These are difficult times for our neighborhoods, cities, nation, and the world at large. I have felt and continue to feel exhausted, while at the same time extremely energized. As a person of color, I cannot aptly put into words the rawness of what this year has been, let alone the weeks following George Floyd’s death. In all, I have learned gratitude that I have had avenues to drive my emotions to safety. I am also grateful for my fellow Vincentians who have taken the time to not only learn but to attempt empathy.
The “Hope in the Face of Racism” webinar series was in itself a difficult lesson for me, personally. Within the cradle of my faith, I faced the uncomfortable reality that there were some with whom I broke bread that did not see the injustices towards people of color. I asked the Lord simply “why?” Why would the way He made me would bring out such ugliness from my fellow brothers and sisters?
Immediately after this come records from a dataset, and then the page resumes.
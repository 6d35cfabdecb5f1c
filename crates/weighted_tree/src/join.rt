// The two free vertices of least total weight are joined, again and again. The free sinks wait in one queue, by (weight, number), and the free branch points
// in another, by number: their total weights never fall. So the next to be joined is the first of one queue.
ghost use Rattle.std.specs.Prelude.{◌≡◌, cond, List, ℕ, suc, ◌+◌, ◌*◌, ◌≤◌, ◌<◌, length, get_or, take, pos};
ghost use Rattle.tree.specs.Lists.{range};
ghost use Rattle.tree.specs.Planning.{sort};
ghost use Rattle.tree.specs.Limits.{sink_limit, WeightsInRange};
ghost use Rattle.tree.specs.Inner.Arrays.{parents_of, weights_of, HoldsWeights};
ghost use Rattle.tree.specs.Inner.Insertion.{earlier_by};
ghost use Rattle.weighted_tree.specs.Joining.{joined_after, joined_parents};
ghost use Rattle.weighted_tree.specs.Inner.Arrays.{HoldsQueues, SinkFirst, BranchFirst, Takes, Joined};

// The free vertices before join k + 1, in two queues: the sinks in `order`, of which the first `sinks` have been taken, and the k branch points, of which the
// first `branches` have.
#[derive(Clone, Copy, Debug)]
struct Queues<'a> {
    n: usize,
    k: usize,
    weights: &'a [i64],
    order: &'a [usize],
    sinks: usize,
    branches: usize,
    ghost held: { HoldsQueues n k weights.now order.now sinks branches },
}

impl Queues<'_> {
    // Whether the first sink goes before the first branch point: also on a tie, since its number is lower.
    fn sink_goes_first(&self) -> bool
        requires { self.now.sinks + self.now.branches < self.now.n + self.now.k }
        ensures { cond result (SinkFirst self.now.n self.now.k (λ v. get_or self.now.weights.now v (pos 0)) (λ q. get_or self.now.order.now q 0) self.now.sinks self.now.branches) (BranchFirst self.now.n self.now.k (λ v. get_or self.now.weights.now v (pos 0)) (λ q. get_or self.now.order.now q 0) self.now.sinks self.now.branches) }
    {
        if self.sinks == self.n {
            return false;
        }
        if self.branches == self.k {
            return true;
        }
        let sink = self.weights[self.order[self.sinks]];
        let branch = self.weights[self.n + self.branches + 1];
        sink <= branch
    }

    // The vertex that goes first is taken off its queue.
    fn take_first(&mut self) -> usize
        requires { self.old.sinks + self.old.branches < self.old.n + self.old.k }
        ensures takes { Takes self.old.n self.old.k (λ v. get_or self.old.weights.now v (pos 0)) (λ q. get_or self.old.order.now q 0) self.old.sinks self.old.branches result self.new.sinks self.new.branches }
        ensures same { (self.new.n ≡ self.old.n) × (self.new.k ≡ self.old.k) × (self.new.weights.now ≡ self.old.weights.now) × (self.new.order.now ≡ self.old.order.now) }
    {
        if self.sink_goes_first() {
            let sink = self.order[self.sinks];
            self.sinks += 1;
            return sink;
        }
        let branch = self.n + self.branches + 1;
        self.branches += 1;
        branch
    }
}

// Join k + 1: the new branch point takes the two that go first. Of the 2k vertices that are joined i are sinks; how many are then is returned.
fn join_next(
    n: usize,
    k: usize,
    i: usize,
    weights: &mut [i64],
    order: &[usize],
    parents: &mut [usize],
) -> usize
    requires k_bound { (suc k < n) × (n ≤ sink_limit) × (2 * n ≤ length weights.old) × (n ≤ length order.now) × (2 * n ≤ length parents.old) }
    requires by_index { (w : List ℕ) × (WeightsInRange n w × Joined n k i (joined_after n w k) weights.old order.now parents.old) }
    ensures { (w : List ℕ) → WeightsInRange n w → Joined n k i (joined_after n w k) weights.old order.now parents.old → Joined n (suc k) result (joined_after n w (suc k)) weights.new order.now parents.new }
{
    let mut queues = Queues {
        n,
        k,
        weights,
        order,
        sinks: i,
        branches: 2 * k - i,
    };
    let x = queues.take_first();
    let y = queues.take_first();
    let sinks = queues.sinks;
    let b = n + k + 1;
    weights[b] = weights[x] + weights[y];
    parents[x] = b;
    parents[y] = b;
    sinks
}

// All are joined; the one that is left hangs on the root. `order` has the sinks by (weight, number). The total weights of the joined vertices go to their
// places in `weights`.
pub fn join_all(n: usize, weights: &mut [i64], order: &[usize], parents: &mut [usize])
    requires { HoldsWeights n weights.old × (1 ≤ n) × (n ≤ sink_limit) × (2 * n ≤ length weights.old) × (2 * n ≤ length parents.old) × (n ≤ length order.now) × (take n order.now ≡ sort (earlier_by weights.old) (range 1 n)) }
    ensures { parents_of n parents.new ≡ joined_parents n (weights_of n weights.old) }
{
    parents[..2 * n].fill(0);
    let mut i = 0;
    for k in 0..n - 1 {
        i = join_next(n, k, i, weights, order, parents);
    }
}
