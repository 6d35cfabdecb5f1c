// The tree by switching weights: the third plan (02, request 7).
#![tactic(auto)]

pub mod join;
pub mod make;
pub mod plan_weighted;
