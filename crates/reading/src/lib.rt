// The two texts read into arrays, or found at fault.
#![tactic(auto)]

pub mod read_listing;
pub mod read_net;
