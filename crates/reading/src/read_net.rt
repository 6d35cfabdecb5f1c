// Reads a net text into arrays, or finds what is wrong with it first. What is done for each line is inlined (formats, scan).
ghost use Rattle.std.specs.Prelude.{◌≡◌, ltb};
ghost use Rattle.quantities.specs.Distance.{distance};
ghost use Rattle.quantities.specs.Ranges.{PointWithin};
ghost use Rattle.tree.specs.declared.header.Header.{Header};
ghost use Rattle.tree.specs.Limits.{position_limit, sink_limit};
ghost use Rattle.formats.specs.Limits.{pin_limit};
ghost use Rattle.formats.specs.Inner.Readers.{ahead, AtSinks, HasPlace, NetHeadSays, after_head, net_outcome};
ghost use Rattle.reading.specs.Inner.Sinks.{AtSinkLine, SinkSays};

use formats::limits::{NET_LENGTH_LIMIT, PIN_LIMIT};
use formats::ranges::{around, up_to};
use formats::read_net::NetHead;
use formats::reader::LineReader;
use formats::refusal::{Refusal, Text};
use quantities::length::Length;
use quantities::metal_pair::MetalPair;
use quantities::point::{Point, distance};
use quantities::time::Time;
use quantities::wire_factor::WireFactor;
use tree::header::Header;
use tree::limits::{
    BRANCH_LIMIT, NEED_LIMIT, POSITION_LIMIT, REQUIRED_LIMIT, SINK_LIMIT, WEIGHT_LIMIT,
    WIRE_FACTOR_LIMIT,
};

// The head of a text: its length, then its first five lines.
pub fn read_head<'a>(text: &'a [u8]) -> Result<NetHead<'a>, Refusal>
    ensures { NetHeadSays text.now result }
{
    if NET_LENGTH_LIMIT < text.len() {
        return Err(Refusal::TooLong { text: Text::InNet });
    }
    let mut lines = LineReader::new(Text::InNet, text);
    let [x, y] = lines.numbers(b"root=", [around(POSITION_LIMIT), around(POSITION_LIMIT)])?;
    let branch = lines.number(b"branch=", up_to(BRANCH_LIMIT))?;
    let [horizontal, vertical] = lines.numbers(
        b"wire=",
        [up_to(WIRE_FACTOR_LIMIT), up_to(WIRE_FACTOR_LIMIT)],
    )?;
    let need = lines.number(b"need=", around(NEED_LIMIT))?;
    let count = lines.number(b"sinks=", up_to(SINK_LIMIT))?;
    let wire = MetalPair {
        horizontal: WireFactor::of(horizontal as u64),
        vertical: WireFactor::of(vertical as u64),
    };
    Ok(NetHead {
        header: Header {
            branch: Time::of(branch),
            wire,
            need: Time::of(need),
        },
        root: Point { x, y },
        n: count as usize,
        sinks: lines,
    })
}

// Whether a pin stands farther from the root than the pin limit.
fn is_far(root: Point, pin: Point) -> bool
    requires { PointWithin position_limit root × PointWithin position_limit pin }
    ensures { result ≡ ltb pin_limit (distance root pin) }
{
    Length::of(PIN_LIMIT) < distance(root, pin)
}

// The line of sink s, into the place s of the arrays.
#[inline(always)]
fn read_sink(
    lines: &mut LineReader,
    root: Point,
    s: usize,
    xs: &mut [i64],
    ys: &mut [i64],
    required: &mut [i64],
    weights: &mut [i64],
) -> Result<(), Refusal>
    requires { AtSinkLine lines.old × PointWithin position_limit root × HasPlace s xs.old ys.old required.old weights.old }
    ensures { SinkSays root lines.old s xs.old ys.old required.old weights.old result lines.new xs.new ys.new required.new weights.new }
{
    let line = lines.line;
    let ranges = [
        around(POSITION_LIMIT),
        around(POSITION_LIMIT),
        around(REQUIRED_LIMIT),
        up_to(WEIGHT_LIMIT),
    ];
    let [x, y, arrival, weight] = lines.numbers(b"sink=", ranges)?;
    if is_far(root, Point { x, y }) {
        return Err(Refusal::FarPin { line });
    }
    xs[s] = x;
    ys[s] = y;
    required[s] = arrival;
    weights[s] = weight;
    Ok(())
}

// The rest of a net text, whose head was read. The root and the sinks go to the places 0 to n of `xs` and `ys`, the required arrivals and the weights to those of `required` and `weights`.
pub fn read_rest(
    head: NetHead,
    xs: &mut [i64],
    ys: &mut [i64],
    required: &mut [i64],
    weights: &mut [i64],
) -> Result<(), Refusal>
    requires { AtSinks sink_limit head × HasPlace head.n xs.old ys.old required.old weights.old }
    ensures { (h : Header) → after_head h head.entry.root head.entry.n (ahead head.entry.sinks) ≡ net_outcome h head.entry.n result xs.new ys.new required.new weights.new }
{
    xs[0] = head.root.x;
    ys[0] = head.root.y;
    let mut lines = head.sinks;
    for s in 1..head.n + 1 {
        read_sink(&mut lines, head.root, s, xs, ys, required, weights)?;
    }
    lines.end()
}
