// The tree by switching weights, made and measured.
ghost use Rattle.std.specs.Prelude.{◌≡◌, ℕ, suc, ◌*◌, ◌-◌, ◌≤◌, ◌<◌, length, get_or};
ghost use Rattle.tree.specs.Limits.{sink_limit};
ghost use Rattle.tree.specs.Measures.{worst_slack, wire_length};
ghost use Rattle.tree.specs.Inner.Arrays.{point_at, net_of, weights_of, tree_of, HoldsNet, HoldsWeights};
ghost use Rattle.weighted_tree.specs.Joining.{weighted_tree};
ghost use Rattle.weighted_tree.specs.Inner.Arrays.{PlanRoom};

use crate::join::join_all;
use tree::header::Header;
use tree::measures::Measures;
use tree::order::order_by;
use tree::settle::settle;
use tree::view::TreeView;

// The vertices 1 to 2n-1 by number: from the leaves up, since a parent's number is higher.
fn number_up(n: usize, order: &mut [usize])
    requires { (1 ≤ n) × (n ≤ sink_limit) × (2 * n ≤ length order.old) }
    ensures { (i : ℕ) → i < 2 * n - 1 → get_or order.new i 0 ≡ suc i }
{
    for (i, place) in order[..2 * n - 1].iter_mut().enumerate() {
        *place = i + 1;
    }
}

// The tree goes to `parents` and to the places of the branch points in `xs` and `ys`; its worst slack and its wire are returned. The root and the sinks
// stay where they stand. `weights` has those of the sinks, and room for those of the branch points. The other lent arrays are room to work in.
pub fn make(
    h: Header,
    n: usize,
    xs: &mut [i64],
    ys: &mut [i64],
    required: &[i64],
    weights: &mut [i64],
    parents: &mut [usize],
    order: &mut [usize],
    room: &mut [usize],
    slacks: &mut [i64],
) -> Measures
    requires holds_net { HoldsNet h n xs.old ys.old required.now × HoldsWeights n weights.old }
    requires plan_room { PlanRoom n xs.old ys.old weights.old parents.old order.old room.old slacks.old }
    ensures tree { tree_of n parents.new xs.new ys.new ≡ weighted_tree (net_of h n xs.old ys.old required.now) (weights_of n weights.old) }
    ensures kept { (v : ℕ) → v ≤ n → point_at xs.new ys.new v ≡ point_at xs.old ys.old v }
    ensures worst { result.slack.0 ≡ worst_slack (net_of h n xs.old ys.old required.now) (weighted_tree (net_of h n xs.old ys.old required.now) (weights_of n weights.old)) }
    ensures wire { result.wire.0 ≡ wire_length (net_of h n xs.old ys.old required.now) (weighted_tree (net_of h n xs.old ys.old required.now) (weights_of n weights.old)) }
{
    order_by(n, weights, order);
    join_all(n, weights, order, parents);
    number_up(n, order);
    settle(n, parents, order, xs, ys, room);
    // From the root down.
    order[..2 * n - 1].reverse();
    let tree = TreeView { n, parents, xs, ys };
    tree.measure_tree(h, required, order, slacks)
}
I am truly thankful to our President, Ralph Middlecamp, and to my fellow Vincentians on both the African American Task Force and the Voice of the Poor Committee for our work on the webinars. I struggled with how I could be asked to help people understand a 400-year-old problem of racial injustice. The vulnerabilities within me were struggling to quieten the raging pain. If people could not have learned from giants like Dr. Martin Luther King Jr., Rosa Parks, James Baldwin, Blessed Frederic Ozanam, or St Vincent de Paul, why would they hear little old me? Then it came to me: I am but a vessel that has been brought here. A mere conduit so that we do not lose our way as we journey.
What this moment asks of us as Vincentians is not to examine the whys, but instead to hold the hands of our communities while we go back to the basics. To teach by our ways. “They will know we are Christians by our love.” I believe racism is not something one is born with, but rather a learned behavior. We can teach our families, fellow parishioners, and the communities we live and serve in that it is possible to “unlearn” through love. For our nation is “the traveler who has been stripped of clothing, beaten, and left half dead alongside the road.” To come to the aid of others does not diminish who we are.
If we are to live out our Gospel values, can we also preface our actions with a question of whether we should answer the call or not? If no work of Charity is foreign to us, what is it that we are seeking at this moment? Should we not just get to work? COVID19 has robbed our communities of so much. From an inability to mourn our dead to the total disconnect brought about by the shelter in place and social distancing at a time when we need to simply hug. The emotional hunger that so many are struggling with is exacerbated further by job losses.
In the weeks ahead as the moratorium on evictions are coming to an end, the calls for help will be overwhelming. The brunt of these evictions will be carried by the very groups who have the most Coronavirus infections, the most deaths. Our energies should be towards learning. If we allow the Holy Spirit to guide us through creating a safe space to get to know one another better, there will be no limitations to what we can achieve. This “space” will allow us to refocus our gaze on Christ and the work He beckons us to be present for.
We need to open our hearts and then expand them. Today the plight of the African Americans is front and center, but there are still children that are separated from their parents. Children still living in deplorable conditions. The problems that have riddled Native Americans for generations are still in play. We cannot be complacent when the need is so great. Our Vincentian family is a large one with many talents that the Good Lord has graced us with. Let our “Hope in Action” have the courage to work towards facilitating the changes to policies that discriminate.